Unless you are considering trading the SPI intraday, you should have a float of at least $30K per contract (perhaps more these days).  Anything less and you're way undercapitalised to be trading such a high leverage instrument.

Given an IB account has a minimum level of US$10K I think you should perhaps consider trading other security types instead.

Alternatively, you could consider an intraday data provider such as Bourse or eSignal which can provide you with live SFE data with market depth.  Be prepared to be paying $150+/month for it though.


----------



## superkrusty (23 October 2008)

Richard Dale said:


> Unless you are considering trading the SPI intraday, you should have a float of at least $30K per contract (perhaps more these days).




Thanks for your input Richard.
What about if I was considering intraday ? How much would you estimate I need then ?


----------



## Richard Dale (23 October 2008)

superkrusty said:


> Thanks for your input Richard.
> What about if I was considering intraday ? How much would you estimate I need then ?




That depends upon your trading system and risk management procedures.

If you're a mechnical trader you should have a clear idea of drawdown, stop loss levels and potential slippage levels before you even start trading (although I guess that's hard if you don't have any data).

Looking at this in a very simplistic way:

Assume that you might say have a run of 10 trades in a row that end up in loss.  Given say a 40 point stop loss incl slippage, at $25/tick that's a loss of $1000 per trade.  10 trades equals $10K loss.  I think the SPI 200 margin is around $10K these days too, so you'd need at least $20K to even think about trading it intraday in any serious fashion.

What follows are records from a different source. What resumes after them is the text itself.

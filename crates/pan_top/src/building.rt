ghost use Rattle.std.specs.Prelude.{◌≡◌, None};
ghost use Rattle.site_build.specs.Scenes.{scene};
ghost use Rattle.pan_top.specs.Builds.{BuildCall};

use crate::closing::close_build;
use base::Steps;
use call_status::Status;
use command_words::Work;
use engine_session::Works;
use outside::{Lines, Shelf, Sink, Source};
use runner::Runner;
use site_build::{Devices, build_site};
use std::alloc::Global;
use std::sync::ledger::Ledger;

/// A build, as `site_build::build_site` says; an end that comes early writes its line.
pub fn build<R: Runner, S: Source, H: Shelf, N: Lines, O: Sink, L: Ledger>(
    alloc: Global,
    work: &Work,
    works: &mut Works<R>,
    devices: &mut Devices<S, H, N, O>,
    steps: &mut Steps<L>,
) -> Status
    requires source_closed { S.opened devices.old.source ≡ None }
    requires shelf_closed { H.opened devices.old.shelf ≡ None }
    ensures { BuildCall R.meaning work.now result
        (scene R.Runner S.Source H.Shelf N.Lines O.Sink works.old.runner devices.old steps.old)
        (scene R.Runner S.Source H.Shelf N.Lines O.Sink works.new.runner devices.new steps.new) }
{
    match build_site(alloc, work, works, devices, steps) {
        Ok(ended) => Status::after(ended),
        Err(end) => close_build(alloc, &end, &mut devices.out),
    }
}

Plus the live exchange data fees too.

The problem most futures traders face is the large leverage, undersized trading account, lack of knowledge about futures markets (i.e. first notice date, rolls, understanding open interest, limits etc.) and lack of experience in trading in general.


----------



## superkrusty (23 October 2008)

Thanks for info Richard......will have to rethink my strategy now. Maybe try and grow my capital trading forex and HOPE I can learn enough to build up to an IB account.   No shortcuts I guess


----------



## Trembling Hand (23 October 2008)

You can collect DOM data with Ninja Trader. I do.


----------



## superkrusty (24 October 2008)

Trembling Hand said:


> You can collect DOM data with Ninja Trader. I do.




TH, I thought i read a post of yours that said NT didnt show enough depth (or similar). I really want to study the SPI properly and see if I can find these reproducible patterns that will increase my chances of not going broke. Will NT be good enough ?

Can you recommend a data provider for NT ? I dont mind paying, not sure if there is free DOM and volume data for SPI.


----------